### PROBLEM
Set down exactly the lines below, starting at the one that contains "own sort follow." and ending at the one that contains "2 => row(0, 0, false, 2), // pair", with both of those lines included and nothing else.

[INFORMATION GIVEN — start]

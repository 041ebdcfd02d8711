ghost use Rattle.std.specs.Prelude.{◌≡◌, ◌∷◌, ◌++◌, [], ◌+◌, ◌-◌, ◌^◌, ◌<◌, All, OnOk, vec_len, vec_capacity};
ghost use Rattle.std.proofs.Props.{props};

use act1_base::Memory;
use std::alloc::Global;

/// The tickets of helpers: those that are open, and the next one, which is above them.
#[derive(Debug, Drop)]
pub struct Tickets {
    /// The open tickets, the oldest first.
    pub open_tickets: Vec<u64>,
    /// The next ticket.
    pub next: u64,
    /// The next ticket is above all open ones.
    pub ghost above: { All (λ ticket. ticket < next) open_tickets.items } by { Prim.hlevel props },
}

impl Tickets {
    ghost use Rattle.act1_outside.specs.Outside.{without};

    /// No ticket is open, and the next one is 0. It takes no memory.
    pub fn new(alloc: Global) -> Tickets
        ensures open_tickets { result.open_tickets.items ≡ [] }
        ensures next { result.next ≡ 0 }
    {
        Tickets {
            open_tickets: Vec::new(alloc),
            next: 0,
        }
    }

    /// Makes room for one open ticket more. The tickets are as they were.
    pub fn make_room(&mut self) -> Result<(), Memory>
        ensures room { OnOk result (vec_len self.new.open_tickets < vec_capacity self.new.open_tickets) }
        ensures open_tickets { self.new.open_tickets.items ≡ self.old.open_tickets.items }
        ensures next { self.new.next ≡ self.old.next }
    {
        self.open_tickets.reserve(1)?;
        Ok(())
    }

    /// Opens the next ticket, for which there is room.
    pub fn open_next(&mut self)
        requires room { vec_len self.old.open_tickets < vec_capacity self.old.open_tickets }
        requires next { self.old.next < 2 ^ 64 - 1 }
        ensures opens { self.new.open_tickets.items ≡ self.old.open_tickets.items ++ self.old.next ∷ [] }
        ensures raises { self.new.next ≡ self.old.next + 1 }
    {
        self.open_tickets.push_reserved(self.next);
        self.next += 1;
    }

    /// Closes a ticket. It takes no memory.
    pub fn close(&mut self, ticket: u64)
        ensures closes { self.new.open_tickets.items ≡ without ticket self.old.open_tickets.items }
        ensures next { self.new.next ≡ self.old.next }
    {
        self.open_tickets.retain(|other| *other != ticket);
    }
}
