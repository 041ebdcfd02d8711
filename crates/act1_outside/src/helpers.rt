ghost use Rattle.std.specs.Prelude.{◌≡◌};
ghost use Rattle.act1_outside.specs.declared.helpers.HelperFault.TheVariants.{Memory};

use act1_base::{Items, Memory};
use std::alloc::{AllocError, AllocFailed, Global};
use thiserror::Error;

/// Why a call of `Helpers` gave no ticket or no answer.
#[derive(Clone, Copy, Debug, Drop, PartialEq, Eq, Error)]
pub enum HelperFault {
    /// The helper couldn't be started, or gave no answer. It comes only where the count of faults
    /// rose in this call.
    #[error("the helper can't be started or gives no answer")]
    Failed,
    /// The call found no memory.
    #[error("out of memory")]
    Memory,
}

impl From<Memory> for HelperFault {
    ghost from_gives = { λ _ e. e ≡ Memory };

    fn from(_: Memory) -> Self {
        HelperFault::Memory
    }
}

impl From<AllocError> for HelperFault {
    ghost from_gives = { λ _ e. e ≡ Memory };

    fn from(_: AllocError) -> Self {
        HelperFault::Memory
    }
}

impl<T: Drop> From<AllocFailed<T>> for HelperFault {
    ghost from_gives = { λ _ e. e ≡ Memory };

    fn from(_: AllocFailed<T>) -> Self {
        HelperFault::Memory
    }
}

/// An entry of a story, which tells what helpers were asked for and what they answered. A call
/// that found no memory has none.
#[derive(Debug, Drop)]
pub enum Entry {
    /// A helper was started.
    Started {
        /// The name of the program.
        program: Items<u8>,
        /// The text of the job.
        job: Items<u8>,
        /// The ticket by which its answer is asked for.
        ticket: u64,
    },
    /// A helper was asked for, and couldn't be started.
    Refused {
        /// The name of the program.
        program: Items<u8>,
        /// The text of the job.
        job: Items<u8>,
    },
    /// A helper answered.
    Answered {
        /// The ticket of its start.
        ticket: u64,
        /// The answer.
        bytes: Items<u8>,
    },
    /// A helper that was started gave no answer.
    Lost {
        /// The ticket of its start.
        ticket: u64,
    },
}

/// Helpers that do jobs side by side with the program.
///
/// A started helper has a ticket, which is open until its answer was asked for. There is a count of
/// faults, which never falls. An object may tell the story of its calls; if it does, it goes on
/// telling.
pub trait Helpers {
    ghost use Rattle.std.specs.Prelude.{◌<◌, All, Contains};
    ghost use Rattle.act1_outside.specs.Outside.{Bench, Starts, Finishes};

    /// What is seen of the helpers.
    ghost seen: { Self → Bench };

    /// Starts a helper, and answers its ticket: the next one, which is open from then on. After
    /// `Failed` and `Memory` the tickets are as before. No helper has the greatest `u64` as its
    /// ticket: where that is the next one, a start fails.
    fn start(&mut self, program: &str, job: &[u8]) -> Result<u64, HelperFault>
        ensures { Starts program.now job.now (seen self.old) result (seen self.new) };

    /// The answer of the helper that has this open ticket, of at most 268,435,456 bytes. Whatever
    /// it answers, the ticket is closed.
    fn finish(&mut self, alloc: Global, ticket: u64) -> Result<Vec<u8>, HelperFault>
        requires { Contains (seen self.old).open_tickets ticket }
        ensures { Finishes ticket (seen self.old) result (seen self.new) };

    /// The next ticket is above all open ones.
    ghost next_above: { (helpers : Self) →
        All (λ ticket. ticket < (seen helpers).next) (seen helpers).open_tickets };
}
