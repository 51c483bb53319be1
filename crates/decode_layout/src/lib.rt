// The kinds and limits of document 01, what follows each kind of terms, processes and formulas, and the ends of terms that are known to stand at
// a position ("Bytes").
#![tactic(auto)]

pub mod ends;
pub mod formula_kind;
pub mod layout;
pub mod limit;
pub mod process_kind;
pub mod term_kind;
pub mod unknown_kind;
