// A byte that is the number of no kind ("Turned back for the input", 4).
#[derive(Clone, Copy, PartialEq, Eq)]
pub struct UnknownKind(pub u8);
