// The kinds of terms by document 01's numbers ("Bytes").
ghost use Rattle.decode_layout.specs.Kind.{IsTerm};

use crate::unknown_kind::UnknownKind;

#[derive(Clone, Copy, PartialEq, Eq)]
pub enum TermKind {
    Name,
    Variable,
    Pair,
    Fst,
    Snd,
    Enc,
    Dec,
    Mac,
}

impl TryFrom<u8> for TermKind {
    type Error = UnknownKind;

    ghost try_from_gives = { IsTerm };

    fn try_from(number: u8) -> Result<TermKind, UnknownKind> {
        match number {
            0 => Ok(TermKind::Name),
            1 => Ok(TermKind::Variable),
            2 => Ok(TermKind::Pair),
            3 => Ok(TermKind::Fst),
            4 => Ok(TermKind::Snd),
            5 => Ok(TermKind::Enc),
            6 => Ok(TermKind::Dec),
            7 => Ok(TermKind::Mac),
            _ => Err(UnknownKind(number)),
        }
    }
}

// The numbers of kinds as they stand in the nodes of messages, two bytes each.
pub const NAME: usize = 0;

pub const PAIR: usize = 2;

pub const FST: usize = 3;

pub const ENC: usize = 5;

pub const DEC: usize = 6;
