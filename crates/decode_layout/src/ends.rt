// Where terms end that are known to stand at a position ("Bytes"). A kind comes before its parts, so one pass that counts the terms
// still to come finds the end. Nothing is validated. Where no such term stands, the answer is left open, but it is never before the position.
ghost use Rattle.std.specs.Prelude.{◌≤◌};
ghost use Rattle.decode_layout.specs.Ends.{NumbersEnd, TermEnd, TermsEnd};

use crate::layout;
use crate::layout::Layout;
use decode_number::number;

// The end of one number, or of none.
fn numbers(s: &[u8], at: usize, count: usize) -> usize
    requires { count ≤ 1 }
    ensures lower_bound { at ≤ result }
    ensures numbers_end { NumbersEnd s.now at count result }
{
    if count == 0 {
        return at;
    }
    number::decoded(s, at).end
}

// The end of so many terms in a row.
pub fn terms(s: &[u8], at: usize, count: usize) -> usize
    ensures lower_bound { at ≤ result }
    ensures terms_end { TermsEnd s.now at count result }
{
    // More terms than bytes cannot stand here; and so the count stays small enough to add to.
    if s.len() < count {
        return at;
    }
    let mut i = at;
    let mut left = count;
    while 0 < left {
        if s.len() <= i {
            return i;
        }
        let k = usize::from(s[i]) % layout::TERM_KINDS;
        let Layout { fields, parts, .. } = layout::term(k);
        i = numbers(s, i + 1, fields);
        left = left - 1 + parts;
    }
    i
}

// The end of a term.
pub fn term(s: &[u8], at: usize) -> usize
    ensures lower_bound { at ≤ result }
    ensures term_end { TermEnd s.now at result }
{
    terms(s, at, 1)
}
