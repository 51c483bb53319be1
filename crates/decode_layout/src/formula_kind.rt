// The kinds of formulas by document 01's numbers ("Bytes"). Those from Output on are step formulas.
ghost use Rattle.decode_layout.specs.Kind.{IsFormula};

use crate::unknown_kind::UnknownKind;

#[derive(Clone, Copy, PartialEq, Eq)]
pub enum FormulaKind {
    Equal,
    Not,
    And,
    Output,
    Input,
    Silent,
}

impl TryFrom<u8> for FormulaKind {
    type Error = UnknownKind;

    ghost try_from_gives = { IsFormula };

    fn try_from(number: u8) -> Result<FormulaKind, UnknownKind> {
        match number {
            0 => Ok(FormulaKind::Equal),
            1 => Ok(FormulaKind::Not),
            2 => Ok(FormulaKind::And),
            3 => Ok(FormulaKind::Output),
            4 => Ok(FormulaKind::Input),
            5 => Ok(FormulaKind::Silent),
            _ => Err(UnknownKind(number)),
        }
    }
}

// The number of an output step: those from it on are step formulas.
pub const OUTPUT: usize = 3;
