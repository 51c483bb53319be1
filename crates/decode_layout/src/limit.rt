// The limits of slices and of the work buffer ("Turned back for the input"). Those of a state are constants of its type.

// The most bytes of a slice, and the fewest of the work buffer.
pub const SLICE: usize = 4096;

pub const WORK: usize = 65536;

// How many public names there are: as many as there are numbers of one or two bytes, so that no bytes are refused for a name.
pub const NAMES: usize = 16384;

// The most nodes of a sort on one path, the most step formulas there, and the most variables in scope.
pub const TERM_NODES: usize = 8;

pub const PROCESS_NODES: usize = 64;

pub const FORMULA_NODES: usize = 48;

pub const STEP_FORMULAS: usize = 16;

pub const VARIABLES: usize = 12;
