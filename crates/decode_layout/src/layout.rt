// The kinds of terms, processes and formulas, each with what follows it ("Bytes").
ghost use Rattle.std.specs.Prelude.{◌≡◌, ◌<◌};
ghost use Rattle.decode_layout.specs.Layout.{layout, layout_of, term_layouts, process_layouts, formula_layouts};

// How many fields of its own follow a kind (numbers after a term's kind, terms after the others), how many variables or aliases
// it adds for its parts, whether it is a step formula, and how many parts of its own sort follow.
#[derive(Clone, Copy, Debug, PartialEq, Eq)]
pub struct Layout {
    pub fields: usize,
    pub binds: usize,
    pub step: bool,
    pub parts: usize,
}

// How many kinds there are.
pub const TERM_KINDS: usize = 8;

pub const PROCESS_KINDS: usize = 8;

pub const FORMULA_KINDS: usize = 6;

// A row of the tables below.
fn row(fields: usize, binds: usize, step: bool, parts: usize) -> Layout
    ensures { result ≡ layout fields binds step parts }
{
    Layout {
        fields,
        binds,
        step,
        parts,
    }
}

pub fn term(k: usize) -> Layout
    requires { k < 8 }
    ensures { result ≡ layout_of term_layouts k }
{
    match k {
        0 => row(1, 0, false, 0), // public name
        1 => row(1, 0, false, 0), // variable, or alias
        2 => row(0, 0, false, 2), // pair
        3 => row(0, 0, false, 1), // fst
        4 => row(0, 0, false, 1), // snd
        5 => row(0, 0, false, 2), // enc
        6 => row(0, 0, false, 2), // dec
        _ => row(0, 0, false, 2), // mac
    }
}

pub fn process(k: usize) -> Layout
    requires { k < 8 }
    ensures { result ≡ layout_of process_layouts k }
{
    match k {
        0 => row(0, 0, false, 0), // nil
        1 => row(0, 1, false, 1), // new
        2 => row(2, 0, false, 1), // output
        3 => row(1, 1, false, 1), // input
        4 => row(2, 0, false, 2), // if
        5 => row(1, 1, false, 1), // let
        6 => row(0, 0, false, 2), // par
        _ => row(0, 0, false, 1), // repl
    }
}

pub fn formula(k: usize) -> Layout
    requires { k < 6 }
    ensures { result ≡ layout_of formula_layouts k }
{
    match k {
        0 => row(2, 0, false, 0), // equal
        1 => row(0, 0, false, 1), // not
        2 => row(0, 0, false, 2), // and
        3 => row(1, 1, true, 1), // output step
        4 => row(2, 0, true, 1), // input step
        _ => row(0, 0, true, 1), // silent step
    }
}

[INFORMATION GIVEN — finish]
[INFORMATION GIVEN — start]

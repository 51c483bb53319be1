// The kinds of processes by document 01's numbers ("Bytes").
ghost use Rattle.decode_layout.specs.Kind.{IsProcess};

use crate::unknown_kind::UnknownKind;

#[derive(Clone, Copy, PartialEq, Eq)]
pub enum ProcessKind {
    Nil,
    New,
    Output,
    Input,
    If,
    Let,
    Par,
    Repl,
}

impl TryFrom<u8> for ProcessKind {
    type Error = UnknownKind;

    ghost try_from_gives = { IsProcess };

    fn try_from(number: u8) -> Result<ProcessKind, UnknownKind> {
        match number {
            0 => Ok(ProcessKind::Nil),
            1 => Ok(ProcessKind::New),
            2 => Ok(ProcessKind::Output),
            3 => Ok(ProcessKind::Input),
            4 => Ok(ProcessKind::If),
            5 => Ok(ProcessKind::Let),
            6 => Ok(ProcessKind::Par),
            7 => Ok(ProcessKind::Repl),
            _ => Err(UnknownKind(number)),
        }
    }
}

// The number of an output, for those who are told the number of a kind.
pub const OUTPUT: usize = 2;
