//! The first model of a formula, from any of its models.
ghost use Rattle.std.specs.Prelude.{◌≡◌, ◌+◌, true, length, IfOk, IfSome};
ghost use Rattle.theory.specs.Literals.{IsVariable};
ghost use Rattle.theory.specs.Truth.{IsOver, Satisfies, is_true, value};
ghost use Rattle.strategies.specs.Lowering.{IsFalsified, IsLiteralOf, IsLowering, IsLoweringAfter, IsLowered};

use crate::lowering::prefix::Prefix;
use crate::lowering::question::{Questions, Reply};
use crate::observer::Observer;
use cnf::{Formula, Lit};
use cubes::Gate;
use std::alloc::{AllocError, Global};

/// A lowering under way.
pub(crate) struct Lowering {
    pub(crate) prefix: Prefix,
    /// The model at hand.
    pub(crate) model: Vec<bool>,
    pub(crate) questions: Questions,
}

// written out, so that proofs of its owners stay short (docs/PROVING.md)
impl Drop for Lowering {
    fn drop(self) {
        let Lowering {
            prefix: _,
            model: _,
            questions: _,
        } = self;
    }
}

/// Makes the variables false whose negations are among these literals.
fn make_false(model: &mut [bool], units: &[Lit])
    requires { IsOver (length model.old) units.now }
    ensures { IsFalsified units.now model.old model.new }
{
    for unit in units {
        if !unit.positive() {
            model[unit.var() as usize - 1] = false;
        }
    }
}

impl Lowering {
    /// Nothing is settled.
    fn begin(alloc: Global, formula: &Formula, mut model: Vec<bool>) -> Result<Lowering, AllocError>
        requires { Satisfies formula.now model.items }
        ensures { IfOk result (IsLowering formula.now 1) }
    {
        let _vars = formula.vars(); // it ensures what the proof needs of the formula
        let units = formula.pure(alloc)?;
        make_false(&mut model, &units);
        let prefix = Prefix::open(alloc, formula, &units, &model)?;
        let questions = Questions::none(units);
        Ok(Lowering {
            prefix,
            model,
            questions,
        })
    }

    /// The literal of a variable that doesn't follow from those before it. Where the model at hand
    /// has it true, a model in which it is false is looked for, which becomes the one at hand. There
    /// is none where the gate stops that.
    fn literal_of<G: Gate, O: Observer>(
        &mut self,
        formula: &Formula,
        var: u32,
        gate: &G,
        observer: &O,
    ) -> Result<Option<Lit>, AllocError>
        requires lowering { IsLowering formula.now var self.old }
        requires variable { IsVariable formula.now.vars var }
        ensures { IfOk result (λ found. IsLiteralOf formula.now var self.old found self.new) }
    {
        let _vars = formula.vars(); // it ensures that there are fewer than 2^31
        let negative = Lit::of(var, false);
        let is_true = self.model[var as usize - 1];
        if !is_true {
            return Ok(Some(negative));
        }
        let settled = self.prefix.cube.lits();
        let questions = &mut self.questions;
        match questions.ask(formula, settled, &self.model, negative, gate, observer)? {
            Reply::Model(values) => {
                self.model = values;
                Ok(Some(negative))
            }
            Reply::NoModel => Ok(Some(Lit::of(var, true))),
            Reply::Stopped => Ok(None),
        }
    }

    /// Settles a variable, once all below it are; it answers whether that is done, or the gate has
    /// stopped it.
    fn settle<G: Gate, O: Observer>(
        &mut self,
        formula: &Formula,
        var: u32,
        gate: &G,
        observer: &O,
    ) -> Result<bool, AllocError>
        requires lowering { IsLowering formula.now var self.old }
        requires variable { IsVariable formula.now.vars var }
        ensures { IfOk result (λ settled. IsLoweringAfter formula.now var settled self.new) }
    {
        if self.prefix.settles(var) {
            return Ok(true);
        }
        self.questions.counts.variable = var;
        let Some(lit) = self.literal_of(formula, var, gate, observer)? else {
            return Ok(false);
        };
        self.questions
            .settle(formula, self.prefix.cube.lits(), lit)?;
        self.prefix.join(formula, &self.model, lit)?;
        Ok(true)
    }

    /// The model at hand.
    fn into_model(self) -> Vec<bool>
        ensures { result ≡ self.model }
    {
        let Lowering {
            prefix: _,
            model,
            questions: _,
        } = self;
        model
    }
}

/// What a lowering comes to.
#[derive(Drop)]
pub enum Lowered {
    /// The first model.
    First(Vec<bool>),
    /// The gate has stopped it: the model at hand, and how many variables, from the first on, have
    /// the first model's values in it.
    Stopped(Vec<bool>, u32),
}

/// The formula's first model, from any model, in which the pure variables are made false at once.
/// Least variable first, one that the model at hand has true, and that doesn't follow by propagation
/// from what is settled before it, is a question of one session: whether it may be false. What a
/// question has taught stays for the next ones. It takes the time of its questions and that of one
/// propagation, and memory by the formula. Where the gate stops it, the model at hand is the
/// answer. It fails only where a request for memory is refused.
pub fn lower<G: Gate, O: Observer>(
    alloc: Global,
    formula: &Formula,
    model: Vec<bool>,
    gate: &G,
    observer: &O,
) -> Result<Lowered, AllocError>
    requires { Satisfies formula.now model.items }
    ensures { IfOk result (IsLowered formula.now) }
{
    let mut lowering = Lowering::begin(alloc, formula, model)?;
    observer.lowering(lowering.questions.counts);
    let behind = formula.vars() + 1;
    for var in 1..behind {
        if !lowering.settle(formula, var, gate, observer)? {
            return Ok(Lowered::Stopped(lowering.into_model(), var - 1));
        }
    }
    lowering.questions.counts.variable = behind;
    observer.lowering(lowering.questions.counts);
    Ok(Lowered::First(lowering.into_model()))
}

[INFORMATION GIVEN — finish]
[INFORMATION GIVEN — start]

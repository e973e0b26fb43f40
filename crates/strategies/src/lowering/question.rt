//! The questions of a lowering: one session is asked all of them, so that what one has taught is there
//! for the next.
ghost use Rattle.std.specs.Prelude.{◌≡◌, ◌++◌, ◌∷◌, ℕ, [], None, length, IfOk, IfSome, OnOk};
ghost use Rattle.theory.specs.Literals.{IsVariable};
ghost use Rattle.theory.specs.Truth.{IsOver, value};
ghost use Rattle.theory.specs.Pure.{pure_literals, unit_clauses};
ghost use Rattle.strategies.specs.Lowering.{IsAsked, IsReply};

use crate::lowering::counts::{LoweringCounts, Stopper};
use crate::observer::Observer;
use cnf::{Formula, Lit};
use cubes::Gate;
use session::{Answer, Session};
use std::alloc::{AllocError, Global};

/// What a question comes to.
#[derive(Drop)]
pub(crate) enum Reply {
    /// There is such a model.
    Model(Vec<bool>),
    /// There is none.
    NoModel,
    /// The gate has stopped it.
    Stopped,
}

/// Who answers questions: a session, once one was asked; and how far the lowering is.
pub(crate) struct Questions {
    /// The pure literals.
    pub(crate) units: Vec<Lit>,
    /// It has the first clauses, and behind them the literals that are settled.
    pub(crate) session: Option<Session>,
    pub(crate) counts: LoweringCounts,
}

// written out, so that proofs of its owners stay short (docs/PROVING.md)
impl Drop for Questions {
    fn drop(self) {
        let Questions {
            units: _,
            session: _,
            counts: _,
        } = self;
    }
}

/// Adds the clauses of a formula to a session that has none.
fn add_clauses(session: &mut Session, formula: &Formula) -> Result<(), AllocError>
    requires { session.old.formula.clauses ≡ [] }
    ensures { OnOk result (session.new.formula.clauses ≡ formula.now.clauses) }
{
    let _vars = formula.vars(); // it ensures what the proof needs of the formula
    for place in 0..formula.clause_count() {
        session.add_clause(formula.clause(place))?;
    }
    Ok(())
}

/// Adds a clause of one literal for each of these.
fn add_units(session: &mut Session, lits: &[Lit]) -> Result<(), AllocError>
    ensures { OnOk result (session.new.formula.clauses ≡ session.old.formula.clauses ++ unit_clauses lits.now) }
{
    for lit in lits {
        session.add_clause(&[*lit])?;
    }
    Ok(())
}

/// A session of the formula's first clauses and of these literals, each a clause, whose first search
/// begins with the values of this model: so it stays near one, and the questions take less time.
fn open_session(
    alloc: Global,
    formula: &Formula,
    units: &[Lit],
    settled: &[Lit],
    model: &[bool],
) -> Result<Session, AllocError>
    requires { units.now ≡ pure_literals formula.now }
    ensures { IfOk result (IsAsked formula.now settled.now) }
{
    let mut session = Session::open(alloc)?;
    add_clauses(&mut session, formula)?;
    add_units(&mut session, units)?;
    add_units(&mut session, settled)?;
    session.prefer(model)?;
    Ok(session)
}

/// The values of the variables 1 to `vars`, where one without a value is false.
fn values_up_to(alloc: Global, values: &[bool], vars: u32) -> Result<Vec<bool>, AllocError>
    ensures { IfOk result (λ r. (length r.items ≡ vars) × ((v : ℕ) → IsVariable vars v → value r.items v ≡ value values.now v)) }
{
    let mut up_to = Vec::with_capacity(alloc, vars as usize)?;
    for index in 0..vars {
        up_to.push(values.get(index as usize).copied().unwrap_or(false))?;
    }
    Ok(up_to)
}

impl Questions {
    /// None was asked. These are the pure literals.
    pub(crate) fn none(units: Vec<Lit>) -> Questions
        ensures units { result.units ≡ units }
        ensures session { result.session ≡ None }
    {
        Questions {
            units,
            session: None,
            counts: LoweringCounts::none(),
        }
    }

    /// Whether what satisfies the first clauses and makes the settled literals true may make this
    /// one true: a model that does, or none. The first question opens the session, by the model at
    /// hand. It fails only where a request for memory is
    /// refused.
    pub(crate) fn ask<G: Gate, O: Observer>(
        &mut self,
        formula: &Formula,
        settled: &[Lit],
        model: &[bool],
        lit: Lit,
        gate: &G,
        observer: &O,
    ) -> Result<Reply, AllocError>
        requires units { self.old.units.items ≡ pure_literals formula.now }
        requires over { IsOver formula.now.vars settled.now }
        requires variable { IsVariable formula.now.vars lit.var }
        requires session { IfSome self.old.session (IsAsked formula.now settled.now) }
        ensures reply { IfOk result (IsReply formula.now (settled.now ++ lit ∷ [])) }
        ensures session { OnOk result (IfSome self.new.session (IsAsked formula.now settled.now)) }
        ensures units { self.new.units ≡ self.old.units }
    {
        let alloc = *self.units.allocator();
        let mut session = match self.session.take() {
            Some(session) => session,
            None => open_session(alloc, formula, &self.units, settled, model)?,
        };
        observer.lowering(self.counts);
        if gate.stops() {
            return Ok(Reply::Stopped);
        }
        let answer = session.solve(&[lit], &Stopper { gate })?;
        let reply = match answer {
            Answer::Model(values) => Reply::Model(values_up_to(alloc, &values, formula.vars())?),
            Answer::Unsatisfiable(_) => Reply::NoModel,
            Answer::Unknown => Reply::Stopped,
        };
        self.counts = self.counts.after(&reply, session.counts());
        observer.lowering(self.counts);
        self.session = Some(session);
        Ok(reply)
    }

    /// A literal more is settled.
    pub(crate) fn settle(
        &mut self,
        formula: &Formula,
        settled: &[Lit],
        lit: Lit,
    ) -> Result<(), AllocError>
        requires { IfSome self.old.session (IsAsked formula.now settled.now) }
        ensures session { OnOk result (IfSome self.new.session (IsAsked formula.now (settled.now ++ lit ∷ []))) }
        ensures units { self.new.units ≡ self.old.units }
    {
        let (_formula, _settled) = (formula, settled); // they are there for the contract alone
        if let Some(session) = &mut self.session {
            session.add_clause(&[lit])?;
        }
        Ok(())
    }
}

[INFORMATION GIVEN — finish]

### SOLUTION FOR THIS EXERCISE
// it adds for its parts, whether it is a step formula, and how many parts of its own sort follow.
#[derive(Clone, Copy, Debug, PartialEq, Eq)]
pub struct Layout {
    pub fields: usize,
    pub binds: usize,
    pub step: bool,
    pub parts: usize,
}

// How many kinds there are.
pub const TERM_KINDS: usize = 8;

pub const PROCESS_KINDS: usize = 8;

pub const FORMULA_KINDS: usize = 6;

// A row of the tables below.
fn row(fields: usize, binds: usize, step: bool, parts: usize) -> Layout
    ensures { result ≡ layout fields binds step parts }
{
    Layout {
        fields,
        binds,
        step,
        parts,
    }
}

pub fn term(k: usize) -> Layout
    requires { k < 8 }
    ensures { result ≡ layout_of term_layouts k }
{
    match k {
        0 => row(1, 0, false, 0), // public name
        1 => row(1, 0, false, 0), // variable, or alias
        2 => row(0, 0, false, 2), // pair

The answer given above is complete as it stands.